Leveraging AI for Predictive Maintenance with Minimizing Downtime in Telecommunications Networks(مقاله علمی وزارت علوم)
منبع:
پژوهشنامه پردازش و مدیریت اطلاعات دوره ۴۰ تابستان ۱۴۰۴ ویژه نامه انگلیسی ۴ (پیاپی ۱۲۵)
1117 - 1147
حوزههای تخصصی:
Background: Telecommunications networks are exposed to numerous issues concerning equipment and that causes network outage, which proves very expensive.

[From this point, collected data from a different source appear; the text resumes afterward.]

//! Bytes as messages, what is wrong with others, and the numbers that are changed in place.
ghost use Rattle.std.specs.Prelude.{◌≡◌, ◌≤◌, None, length};
ghost use Rattle.dbus_header.specs.Malformed.{head_fault, whole_len};

use crate::messages::{changed, deep_call, is_whole};
use dbus_header::{
    KnownTexts, Malformed, MalformedKind, Message, Places, SERIAL_PLACE, decode, decode_knowing,
    length, set_reply_serial, set_serial, write_u32,
};
use dbus_values::Order;
use std::alloc::{AllocError, Global};
use std::str;
use std::test::Fail;
use test_tables::{plain, wrong_row};

/// The first sixteen bytes of messages, and the length of the whole message, or what is wrong with them and its place.
const HEADS: &str = "\
l%01~%01~~~~%07~~~@~~~ => 80
B%01~%01~~~%03%01%02%03%04~~~, => 67
l%09~%01~~~~%07~~~~~~~ => 16
b~~~~~~~~~~~~~~~ => ByteOrder 0
l~~~~~~~~~~~~~~~ => MessageType 1
B~~~~~~~~~~~~~~~ => MessageType 1
l%01~%02~~~~~~~~%01~~%04 => Version 3
l%01~%01~~~~~~~~%01~~%04 => Length 12
B%01~%01~~~~~~~~%04~~%01 => Length 12
l%01~%01%F1%FF%FF%07~~~~~~~~ => Length 4
B%01~%01%FF%FF%FF%FF~~~~~~~~ => Length 4
l%01~%01%F0%FF%FF%07~~~~~~~~ => Serial 8
B%01~%01~~~~~~~~~~~~ => Serial 8
";

/// Messages that are changed, and whether they are valid, or what is wrong with them and its place.
const CHANGES: &str = "\
call 16=0 => Fields 16
call 18=s => Fields 16
call 24=p => Fields 16
call 27=1 => Fields 27
call 64=2 => Fields 58
call 71=1 => Fields 58
call 1=2 => Required 12
call 48=10 => Required 12
big_call 32=1 => Fields 26
big_call 60=1 => Fields 60
big_call 32=10 => Required 12
big_call 1=4 => Required 12
boolean 20=0 => Fields 16
boolean 31=1 => Fields 31
boolean 32=2 => Body 32
boolean 24=10 => Body 32
boolean 29=y => Body 33
call 1=9 => valid
big_boolean 35=2 => Body 32
descriptors => valid
descriptors 28=1 => Descriptors 12
big_descriptors => valid
big_descriptors 31=1 => Descriptors 12
empty_array => valid
empty_array 4=4 cut=68 => Body 64
";

/// Messages, and the order, the type, the serial, the path, the interface, the member, the destination, the sender, the
/// reply serial and its place, with `-` or 0 for none, the signature and the length of the body.
const MESSAGES: &str = "\
call => Little 1 7 /p org.a.I A org.a.T - 0 0  0
return => Little 2 60 - - - :1.40 :1.7 2 20  0
big_call => Big 1 16909060 / - M a.b - 0 0  0
boolean => Little 2 9 - - - - - 2 20 b 4
big_boolean => Big 2 9 - - - - - 2 20 b 4
";

/// A message that a stream has repeated, and one that follows it, and what the latter is read as.
const FOLLOWING: &str = "\
return; return => Little 2 60 - - - :1.40 :1.7 2 20  0
return; return 8=61 20=7 => Little 2 61 - - - :1.40 :1.7 7 20  0
return; return 23=1 => Little 2 60 - - - :1.40 :1.7 16777218 20  0
return; return 20=0 => Fields 16
return; return 19=1 => Fields 16
return; return 24=7 => Fields 38
return; return 54=1 => Fields 53
return; return 1=3 => Required 12
return, boolean; return 20=9 => Little 2 60 - - - :1.40 :1.7 9 20  0
return, boolean; boolean 20=9 => Little 2 9 - - - - - 9 20 b 4
return, boolean; boolean 20=0 => Fields 16
boolean; boolean 32=0 => Little 2 9 - - - - - 2 20 b 4
boolean; boolean 29=y => Body 33
boolean; boolean 29=u => Little 2 9 - - - - - 2 20 u 4
boolean, boolean 29=u; boolean => Little 2 9 - - - - - 2 20 b 4
boolean, boolean 29=u; boolean 32=7 => Body 32
boolean; big_boolean 23=5 => Big 2 9 - - - - - 5 20 b 4
big_boolean; big_boolean 20=1 => Big 2 9 - - - - - 16777218 20 b 4
big_boolean; big_boolean 23=0 => Fields 16
big_boolean; boolean => Little 2 9 - - - - - 2 20 b 4
call; call 8=9 25=q => Little 1 9 /q org.a.I A org.a.T - 0 0  0
call, call 25=q; call => Little 1 7 /p org.a.I A org.a.T - 0 0  0
call, return, boolean, big_call, big_boolean; call 64=2 => Fields 58
call, return, boolean, big_call, big_boolean; return 20=7 => Little 2 60 - - - :1.40 :1.7 7 20  0
call, return, boolean, big_call, big_boolean; big_call => Big 1 16909060 / - M a.b - 0 0  0
call, return, boolean, big_call, big_boolean, descriptors; call => Little 1 7 /p org.a.I A org.a.T - 0 0  0
descriptors; descriptors 28=1 => Descriptors 12
";

/// A serial and a message, a change, and whether the message with that serial is the message with that change.
const SERIALS: &str = "\
258 call, 8=2 9=1 10=0 11=0 => true
258 big_call, 8=0 9=0 10=1 11=2 => true
";

/// A reply serial and a message, a change, and whether the message with that reply serial is the message with that
/// change.
const REPLY_SERIALS: &str = "\
7 return, 20=7 => true
258 big_boolean, 20=0 21=0 22=1 23=2 => true
";

fn told_length(alloc: Global, row: &str) -> Result<String, AllocError> {
    let bytes = plain(alloc, row)?;
    match bytes.first_chunk::<16>() {
        Some(first16) => told_length_of(alloc, first16),
        None => String::from_str(alloc, "cut"),
    }
}

fn told_length_of(alloc: Global, first16: &[u8; 16]) -> Result<String, AllocError> {
    match length(first16) {
        Ok(len) => format!(in alloc; "{len}"),
        Err(fault) => told_fault(alloc, fault),
    }
}

fn told_fault(alloc: Global, fault: Malformed) -> Result<String, AllocError> {
    format!(in alloc; "{:?} {}", fault.kind, fault.at)
}

fn told_validity(
    alloc: Global,
    read: Result<Message<'_>, Malformed>,
) -> Result<String, AllocError> {
    match read {
        Ok(_) => String::from_str(alloc, "valid"),
        Err(fault) => told_fault(alloc, fault),
    }
}

fn told_message(alloc: Global, read: Result<Message<'_>, Malformed>) -> Result<String, AllocError> {
    match read {
        Ok(message) => told_parts(alloc, &message),
        Err(fault) => told_fault(alloc, fault),
    }
}

/// The number of times that a message is read until its texts are known.
const TIMES: u32 = 70;

/// The known texts of a row's message without its changes.
fn known_before(alloc: Global, row: &str) -> Result<KnownTexts, AllocError> {
    let (name, _) = row.split_once(' ').unwrap_or((row, ""));
    let bytes = changed(alloc, name)?;
    let mut known = KnownTexts::new(alloc);
    if is_whole(&bytes) {
        for _ in 0..TIMES {
            let _is_valid = decode_knowing(&bytes, &mut known, &mut Places::none()).is_ok();
        }
    }
    Ok(known)
}

/// What a message is read as, if that is the same whether or not messages before it are known.
fn told_following(alloc: Global, row: &str) -> Result<String, AllocError> {
    let (before, name) = row.split_once("; ").unwrap_or(("", row));
    let mut known = KnownTexts::new(alloc);
    for _ in 0..TIMES {
        for earlier in before.split(", ") {
            let bytes = changed(alloc, earlier)?;
            if is_whole(&bytes) {
                let _is_valid = decode_knowing(&bytes, &mut known, &mut Places::none()).is_ok();
            }
        }
    }
    let bytes = changed(alloc, name)?;
    if !is_whole(&bytes) {
        return String::from_str(alloc, "cut");
    }
    told_twice(alloc, &bytes, &mut known)
}

/// What a message is read as alone, and also with others known if that differs.
fn told_twice(alloc: Global, bytes: &[u8], known: &mut KnownTexts) -> Result<String, AllocError>
    requires long { 16 ≤ length bytes.now }
    requires whole { head_fault bytes.now ≡ None → length bytes.now ≡ whole_len bytes.now }
{
    let (mut places, mut known_places) = (Places::none(), Places::none());
    let alone = told_message(alloc, decode(bytes, &mut places))?;
    let told = told_message(alloc, decode_knowing(bytes, known, &mut known_places))?;
    if alone.as_str() != told.as_str() {
        return format!(in alloc; "{alone} or {told}");
    }
    Ok(told)
}

fn told_validity_of(alloc: Global, row: &str) -> Result<String, AllocError> {
    let bytes = changed(alloc, row)?;
    if !is_whole(&bytes) {
        return String::from_str(alloc, "cut");
    }
    let mut places = Places::none();
    told_validity(alloc, decode(&bytes, &mut places))
}

fn told_validity_where_known(alloc: Global, row: &str) -> Result<String, AllocError> {
    let bytes = changed(alloc, row)?;
    let mut known = known_before(alloc, row)?;
    if !is_whole(&bytes) {
        return String::from_str(alloc, "cut");
    }
    let mut places = Places::none();
    told_validity(alloc, decode_knowing(&bytes, &mut known, &mut places))
}

fn told_message_of(alloc: Global, row: &str) -> Result<String, AllocError> {
    let bytes = changed(alloc, row)?;
    if !is_whole(&bytes) {
        return String::from_str(alloc, "cut");
    }
    let mut places = Places::none();
    told_message(alloc, decode(&bytes, &mut places))
}

fn told_message_where_known(alloc: Global, row: &str) -> Result<String, AllocError> {
    let bytes = changed(alloc, row)?;
    let mut known = known_before(alloc, row)?;
    if !is_whole(&bytes) {
        return String::from_str(alloc, "cut");
    }
    let mut places = Places::none();
    told_message(alloc, decode_knowing(&bytes, &mut known, &mut places))
}

fn told_parts(alloc: Global, message: &Message<'_>) -> Result<String, AllocError> {
    let mut told = format!(in alloc; "{:?} {} {}", message.order, message.kind, message.serial)?;
    for text in [
        message.path(),
        message.interface(),
        message.member(),
        message.destination(),
        message.sender(),
    ] {
        told.push(' ')?;
        told.push_str(text.unwrap_or("-"))?;
    }
    let reply = message.reply_serial().unwrap_or(0);
    let place = message.reply_serial_place().unwrap_or(0);
    let signature = str::from_utf8(message.signature.as_bytes()).unwrap_or("-");
    let numbers = format!(in alloc; " {reply} {place} {signature} {}", message.body.len())?;
    told.push_str(&numbers)?;
    Ok(told)
}

fn renumbered(bytes: &mut [u8], serial: u32) -> bool {
    if serial == 0 || !is_whole(bytes) {
        return false;
    }
    if decode(bytes, &mut Places::none()).is_err() {
        return false;
    }
    set_serial(bytes, serial);
    true
}

fn answering(bytes: &mut [u8], serial: u32) -> bool {
    if serial == 0 || !is_whole(bytes) {
        return false;
    }
    let mut places = Places::none();
    match decode(bytes, &mut places) {
        Ok(message) if message.reply_serial().is_some() => (),
        _ => return false,
    }
    set_reply_serial(bytes, serial);
    true
}

/// The serial and the message of a row, and the message with its change.
fn both(alloc: Global, row: &str) -> Result<(u32, Vec<u8>, Vec<u8>), AllocError> {
    let (front, change) = row.split_once(", ").unwrap_or((row, ""));
    let (serial, name) = front.split_once(' ').unwrap_or((front, ""));
    let row = format!(in alloc; "{name} {change}")?;
    let serial = serial.parse().unwrap_or(0);
    Ok((serial, changed(alloc, name)?, changed(alloc, &row)?))
}

fn told_serial(alloc: Global, row: &str) -> Result<String, AllocError> {
    let (serial, mut bytes, expected) = both(alloc, row)?;
    let same = renumbered(&mut bytes, serial) && bytes == expected;
    format!(in alloc; "{same}")
}

fn told_reply_serial(alloc: Global, row: &str) -> Result<String, AllocError> {
    let (serial, mut bytes, expected) = both(alloc, row)?;
    let same = answering(&mut bytes, serial) && bytes == expected;
    format!(in alloc; "{same}")
}

#[test]
fn the_first_sixteen_bytes_tell_the_length_or_a_fault(rt: HostRuntime) -> Result<(), Fail> {
    assert_eq!(rt; wrong_row(rt.alloc(), HEADS, &told_length)?, None);
    Ok(())
}

#[test]
fn a_changed_message_is_malformed(rt: HostRuntime) -> Result<(), Fail> {
    assert_eq!(rt; wrong_row(rt.alloc(), CHANGES, &told_validity_of)?, None);
    Ok(())
}

#[test]
fn a_message_is_read_in_place(rt: HostRuntime) -> Result<(), Fail> {
    assert_eq!(rt; wrong_row(rt.alloc(), MESSAGES, &told_message_of)?, None);
    Ok(())
}

#[test]
fn a_message_is_the_same_where_texts_are_known(rt: HostRuntime) -> Result<(), Fail> {
    assert_eq!(rt;
        wrong_row(rt.alloc(), CHANGES, &told_validity_where_known)?,
        None
    );
    assert_eq!(rt;
        wrong_row(rt.alloc(), MESSAGES, &told_message_where_known)?,
        None
    );
    Ok(())
}

#[test]
fn a_message_is_the_same_where_headers_are_known(rt: HostRuntime) -> Result<(), Fail> {
    assert_eq!(rt; wrong_row(rt.alloc(), FOLLOWING, &told_following)?, None);
    Ok(())
}

#[test]
fn a_header_that_is_too_long_to_be_kept_is_read(rt: HostRuntime) -> Result<(), Fail> {
    let bytes = deep_call(rt.alloc())?;
    let mut known = KnownTexts::new(rt.alloc());
    let mut read: u32 = 0;
    for _ in 0..TIMES {
        if is_whole(&bytes) {
            let told = told_twice(rt.alloc(), &bytes, &mut known)?;
            if told.as_str().starts_with("Little 1 7 /aaa") && told.len() > 600 {
                read = read.wrapping_add(1);
            }
        }
    }
    assert_eq!(rt; read, TIMES);
    Ok(())
}

#[test]
fn a_serial_alone_changes(rt: HostRuntime) -> Result<(), Fail> {
    assert_eq!(rt; wrong_row(rt.alloc(), SERIALS, &told_serial)?, None);
    assert_eq!(rt;
        wrong_row(rt.alloc(), REPLY_SERIALS, &told_reply_serial)?,
        None
    );
    Ok(())
}

#[test]
fn a_number_is_written_in_its_order(rt: HostRuntime) {
    for (order, expected) in [
        (Order::Little, [9, 2, 1, 0, 0, 9]),
        (Order::Big, [9, 0, 0, 1, 2, 9]),
    ] {
        let mut bytes = [9; 14];
        write_u32(order, &mut bytes, SERIAL_PLACE, 258);
        assert_eq!(rt; &bytes[7..13], expected.as_slice());
    }
}

#[test]
fn says_what_is_wrong(rt: HostRuntime) -> Result<(), Fail> {
    let kind = MalformedKind::Length;
    let told = format!(in rt.alloc(); "{}", Malformed { kind, at: 12 });
    let expected = "byte 12: the header fields or the message are too long";
    assert_eq!(rt; told?.as_str(), expected);
    Ok(())
}
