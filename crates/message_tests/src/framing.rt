//! The messages of streams that come in pieces.
ghost use Rattle.std.specs.Prelude.{◌≡◌, ◌<◌, ◌≤◌, [], OnOk, length};

use crate::messages::{changed, long_call};
use bytes::Bytes;
use dbus_framing::{Framer, Front, Messages, Next};
use dbus_header::{KnownTexts, Places};
use std::alloc::{AllocError, Global};
use std::mem;
use std::test::Fail;
use test_tables::wrong_row;

/// The size of the pieces of a stream and the messages in it; and the length of each message that is taken of it, and
/// what follows them. The number of a long call is the length of its body.
const STREAMS: &str = "\
1, call, return => 80 56 Incomplete
1000, call, return, call cut=40 => 80 56 Incomplete
100, call, call, return => 80 80 56 Incomplete
15, call cut=15 => Incomplete
4, newer cut=15 => Incomplete
4, newer => Version 3
16, newer, call => Version 3
7, call, unnumbered => 80 Serial 8
200, stray, call => Body 24
65536, call, long 200000, return => 80 200060 56 Incomplete
65536, long 70000, call, long 70000, return => 70060 80 70060 56 Incomplete
300, call, call, long 100000, call => 80 80 100060 80 Incomplete
5000, return, long 65476, long 65475, call cut=79 => 56 65536 65535 Incomplete
40000, long 100000, newer, call => 100060 Version 3
20, longest => Incomplete
65536, call, longest => 80 Incomplete
100, call, longest => 80 Incomplete
";

fn stream_of(alloc: Global, messages: &str) -> Result<Vec<u8>, AllocError> {
    let mut stream = Vec::new(alloc);
    for message in messages.split(", ") {
        match message.split_once(' ') {
            Some(("long", len)) => {
                stream.extend_from_slice(&long_call(alloc, len.parse().unwrap_or(0))?)?;
            }
            _ => stream.extend_from_slice(&changed(alloc, message)?)?,
        }
    }
    Ok(stream)
}

/// The first message, whose bytes are shared if they can be.
fn shared_next(framer: &mut Framer, known: &mut KnownTexts) -> Result<Next, AllocError> {
    if let Front::Whole(len) = framer.front() {
        if let Some(frame) = framer.shared(len) {
            if let Err(fault) = framer.message(len, known, &mut Places::none()) {
                return Ok(Next::Bad(fault));
            }
            framer.take(len);
            return Ok(Next::Whole(frame));
        }
    }
    framer.next()
}

/// The messages of a piece: read in place if nothing was left of the stream, or of the framer to which it is pushed.
fn with_piece<'a>(
    alloc: Global,
    framer: &mut Framer,
    piece: &'a [u8],
) -> Result<Messages<'a>, AllocError>
    ensures { OnOk result (framer.new ≡ []) }
{
    if framer.is_empty() {
        return Messages::passing(framer, piece);
    }
    framer.push(piece)?;
    Ok(Messages::kept(mem::replace(framer, Framer::new(alloc))))
}

/// The first message, read where it lies.
fn next_in_place(
    alloc: Global,
    messages: &mut Messages<'_>,
    known: &mut KnownTexts,
) -> Result<Next, AllocError> {
    let len = match messages.front() {
        Front::Whole(len) => len,
        Front::Incomplete => return Ok(Next::Incomplete),
        Front::Bad(fault) => return Ok(Next::Bad(fault)),
    };
    let mut places = Places::none();
    if let Err(fault) = messages.check(len, known, &mut places) {
        return Ok(Next::Bad(fault));
    }
    let frame = Bytes::copy_from_slice(alloc, messages.checked(len, &places).bytes)?;
    messages.take(len);
    Ok(Next::Whole(frame))
}

/// What is taken of a stream: its messages, what follows them, and what is left.
type Taken = (Vec<Bytes>, Next, Bytes);

/// The messages of a stream that comes in pieces of this size, which are read in place if nothing was left before them.
fn taken_in_place(alloc: Global, stream: &[u8], size: usize) -> Result<Taken, AllocError>
    requires { 0 < size }
{
    let mut framer = Framer::new(alloc);
    let mut known = KnownTexts::new(alloc);
    let mut frames = Vec::new(alloc);
    let mut last = Next::Incomplete;
    for piece in stream.chunks(size) {
        let mut messages = with_piece(alloc, &mut framer, piece)?;
        for _ in 0..3 {
            match next_in_place(alloc, &mut messages, &mut known)? {
                Next::Whole(frame) => frames.push(frame)?,
                other => last = other,
            }
        }
        messages.put_back(&mut framer);
    }
    Ok((frames, last, framer.left()?))
}

/// The messages of a stream that is pushed in pieces of this size, what follows them, and what is left of the stream.
fn taken(alloc: Global, stream: &[u8], size: usize, shares: bool) -> Result<Taken, AllocError>
    requires { 0 < size }
{
    let mut framer = Framer::new(alloc);
    let mut known = KnownTexts::new(alloc);
    let mut frames = Vec::new(alloc);
    let mut last = Next::Incomplete;
    for piece in stream.chunks(size) {
        framer.push(piece)?;
        for _ in 0..3 {
            let next = if shares {
                shared_next(&mut framer, &mut known)?
            } else {
                framer.next()?
            };
            match next {
                Next::Whole(frame) => frames.push(frame)?,
                other => last = other,
            }
        }
    }
    let mut again = Framer::with_bytes(alloc, framer.left()?)?;
    Ok((frames, last, again.left()?))
}

/// The length of each message, if the messages and what is left are the stream.
fn told_frames(
    alloc: Global,
    stream: &[u8],
    frames: &[Bytes],
    left: &Bytes,
) -> Result<String, AllocError> {
    let mut told = String::new(alloc);
    let mut all = Vec::new(alloc);
    for frame in frames {
        all.extend_from_slice(frame.as_slice())?;
        told.push_str(&format!(in alloc; "{} ", frame.len())?)?;
    }
    all.extend_from_slice(left.as_slice())?;
    if all.as_slice() != stream {
        told.push_str("of other bytes ")?;
    }
    Ok(told)
}

fn told_next(alloc: Global, next: &Next) -> Result<String, AllocError> {
    match next {
        Next::Whole(_) => String::from_str(alloc, "Whole"),
        Next::Incomplete => String::from_str(alloc, "Incomplete"),
        Next::Bad(fault) => format!(in alloc; "{:?} {}", fault.kind, fault.at),
    }
}

/// How the messages of a stream are taken.
#[derive(Clone, Copy)]
enum How {
    /// Each is copied.
    Copied,
    /// The bytes of each are shared if they can be.
    Shared,
    /// Each is read where it lies.
    InPlace,
}

fn taken_so(alloc: Global, stream: &[u8], size: usize, how: How) -> Result<Taken, AllocError>
    requires { 0 < size }
{
    match how {
        How::Copied => taken(alloc, stream, size, false),
        How::Shared => taken(alloc, stream, size, true),
        How::InPlace => taken_in_place(alloc, stream, size),
    }
}

fn told_taken(alloc: Global, stream: &[u8], size: usize, how: How) -> Result<String, AllocError> {
    let (frames, next, left) = taken_so(alloc, stream, size.max(1), how)?;
    let (frames, next) = (
        told_frames(alloc, stream, &frames, &left)?,
        told_next(alloc, &next)?,
    );
    format!(in alloc; "{frames}{next}")
}

/// The result, if it is the same however the messages are taken.
fn told_stream(alloc: Global, row: &str) -> Result<String, AllocError> {
    let (size, messages) = row.split_once(", ").unwrap_or((row, ""));
    let stream = stream_of(alloc, messages)?;
    let size: usize = size.parse().unwrap_or(1);
    let copied = told_taken(alloc, &stream, size, How::Copied)?;
    let shared = told_taken(alloc, &stream, size, How::Shared)?;
    let in_place = told_taken(alloc, &stream, size, How::InPlace)?;
    if copied.as_str() != shared.as_str() || copied.as_str() != in_place.as_str() {
        return format!(in alloc; "{copied}, {shared} or {in_place}");
    }
    Ok(copied)
}

#[test]
fn messages_are_taken_from_pieces(rt: HostRuntime) -> Result<(), Fail> {
    assert_eq!(rt; wrong_row(rt.alloc(), STREAMS, &told_stream)?, None);
    Ok(())
}

/// A framer to which two pieces were pushed, the second after the first was shared up to its first bytes.
fn shared_and_pushed(
    alloc: Global,
    first: &[u8],
    len: usize,
    second: &[u8],
) -> Result<(Option<Bytes>, Bytes), AllocError>
    requires { len ≤ length first.now }
{
    let mut framer = Framer::new(alloc);
    framer.push(first)?;
    let shared = framer.shared(len);
    framer.push(second)?;
    Ok((shared, framer.left()?))
}

#[test]
fn long_messages_are_shared(rt: HostRuntime) -> Result<(), Fail> {
    let first = vec![in rt.alloc(); b'a'; 70_000]?;
    let (shared, left) = shared_and_pushed(rt.alloc(), &first, 65_536, b"bc")?;
    assert_eq!(rt; shared.map(|bytes| bytes.len()), Some(65_536));
    assert_eq!(rt;
        (left.len(), left.as_slice().ends_with(b"aabc")),
        (70_002, true)
    );
    let (shared, left) = shared_and_pushed(rt.alloc(), &first, 65_535, b"bc")?;
    assert_eq!(rt; (shared.is_none(), left.len()), (true, 70_002));
    Ok(())
}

Basic maintenance methodologies like reactive or even scheduled preventive maintenance cannot cope up with the increasing trends in the facilities of telecom companies. Objective: The article examines how AI is applied to support predictive maintenance so that telecommunication networks can perform as intended with reduced downtime. Methods: The review of existing AI algorithms is presented, focusing on the ML models and deep learning methods. Network operations and maintenance logs are analyzed for data to assess the capabilities of the AI models in terms of prediction. It identifies and analyses such quantifiable parameters as the failure rate prediction accuracy and the response time cut. Results: Computerisation of the forecast maintenance revealed a corresponding decrease in equipment failure incidences and generally reduced time lost due to unscheduled stops. Through the improved network performance, the response to potential threats was quicker than before and services became more reliable and inexpensive to offer. Conclusion: To reduce network outages, reduce network vulnerability, and maximize the efficiency of telecommunications operations, the use of AI-based predictive maintenance can be viewed as a prospect. As technology advances, newer versions of AI algorithms will provide improved predictive strength and incorporation into the telecommunications system.